TASK GOAL
Reproduce every line in the material below that holds "Rattle".

THE DATA
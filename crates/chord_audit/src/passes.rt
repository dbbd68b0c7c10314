//! The ranks that successors and lists skip.
ghost use Rattle.std.specs.Prelude.{◌≡◌, ℕ, ◌<◌, ◌≤◌, ◌^◌, ◌||◌, IfOk, length};
ghost use Rattle.std.specs.List.{All, list_any, range_with_len};
ghost use Rattle.chord_scenario.specs.Order.{AreInOrder};
ghost use Rattle.chord_audit.specs.Tables.{covers, is_inside_list, is_marked, is_passing, is_skipped_rank, LeadBelow};

use crate::arcs::Arcs;
use chord_event::Memory;
use chord_node::NodeState;
use chord_scenario::Order;
use des_machine::States;
use std::alloc::Global;
use std::ops::Range;

/// Which ranks lie between a marked node and the node that it leads to.
pub(crate) fn skipped_ranks(
    alloc: Global,
    ranks: &[u32],
    marks: &[bool],
    best: &[Option<u32>],
) -> Result<Vec<bool>, Memory>
    requires ranks { All (λ rank. rank < length ranks.now) ranks.now }
    requires marks { length marks.now ≡ length ranks.now }
    requires best { length best.now ≡ length ranks.now }
    requires lead { LeadBelow (length ranks.now) best.now }
    ensures length { IfOk result (λ skipped. length skipped.items ≡ length ranks.now) }
    ensures skipped { IfOk result (λ skipped. (k : ℕ) → k < length ranks.now → is_marked skipped.items k ≡ is_skipped_rank ranks.now marks.now best.now k) }
{
    let mut arcs = Arcs::new(alloc, ranks.len())?;
    for node in 0..ranks.len() {
        if marks[node] {
            if let Some(next) = best[node] {
                arcs.add(ranks[node] as usize, ranks[next as usize] as usize);
            }
        }
    }
    arcs.covered(alloc)
}

/// Adds the ways between neighbours in the lists of the marked nodes of a block. Each node is the
/// first of its own list. The lists of the nodes before the block are added already.
pub(crate) fn add_passed<V: States<NodeState>>(
    arcs: &mut Arcs,
    order: &Order<'_>,
    marks: &[bool],
    states: &V,
    block: Range<usize>,
)
    requires few { length order.now.ranks.now < 2 ^ 32 }
    requires ranks { All (λ rank. rank < length order.now.ranks.now) order.now.ranks.now }
    requires nodes { AreInOrder order.now.ranks.now order.now.nodes.now }
    requires marks { length marks.now ≡ length order.now.ranks.now }
    requires states { length (V.list states.now) ≡ length order.now.ranks.now }
    requires succ { All (λ state. All (λ n. n < length order.now.ranks.now) state.succ) (V.list states.now) }
    requires block { (block.start ≤ block.end) × (block.end ≤ length order.now.ranks.now) }
    requires each { length arcs.old.far.items ≡ length order.now.ranks.now }
    requires before { (k : ℕ) → k < length order.now.ranks.now → covers arcs.old k ≡ list_any (is_passing order.now.ranks.now marks.now (V.list states.now) k) (range_with_len 0 block.start) }
    ensures each { length arcs.new.far.items ≡ length order.now.ranks.now }
    ensures covered { (k : ℕ) → k < length order.now.ranks.now → covers arcs.new k ≡ list_any (is_passing order.now.ranks.now marks.now (V.list states.now) k) (range_with_len 0 block.end) }
{
    for node in block.start..block.end {
        if marks[node] {
            let list = states.of(node as u32).succ.as_slice();
            add_list(arcs, order, node, list);
        }
    }
}

/// Adds the ways between the neighbours of a list, with the leader as its first.
fn add_list(arcs: &mut Arcs, order: &Order<'_>, leader: usize, list: &[u32])
    requires ranks { All (λ rank. rank < length arcs.old.far.items) order.now.ranks.now }
    requires nodes { AreInOrder order.now.ranks.now order.now.nodes.now }
    requires leader { leader < length order.now.ranks.now }
    requires list { All (λ n. n < length order.now.ranks.now) list.now }
    ensures length { length arcs.new.far.items ≡ length arcs.old.far.items }
    ensures covered { (k : ℕ) → k < length arcs.old.far.items → covers arcs.new k ≡ (covers arcs.old k || is_inside_list order.now.ranks.now k leader list.now) }
{
    let mut from = order.ranks[leader] as usize;
    for node in list {
        let next = from + 1;
        // Most lists follow the circle. Nothing lies between neighbours on it, and a look at the
        // rank of each would be one at memory that no cache has.
        if next < order.nodes.len() && order.nodes[next] == *node {
            from = next;
        } else {
            let to = order.ranks[*node as usize] as usize;
            arcs.add(from, to);
            from = to;
        }
    }
}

OUTPUT OF THE TASK
ghost use Rattle.std.specs.Prelude.{◌≡◌, ℕ, ◌<◌, ◌≤◌, ◌^◌, ◌||◌, IfOk, length};
ghost use Rattle.std.specs.List.{All, list_any, range_with_len};
ghost use Rattle.chord_scenario.specs.Order.{AreInOrder};
ghost use Rattle.chord_audit.specs.Tables.{covers, is_inside_list, is_marked, is_passing, is_skipped_rank, LeadBelow};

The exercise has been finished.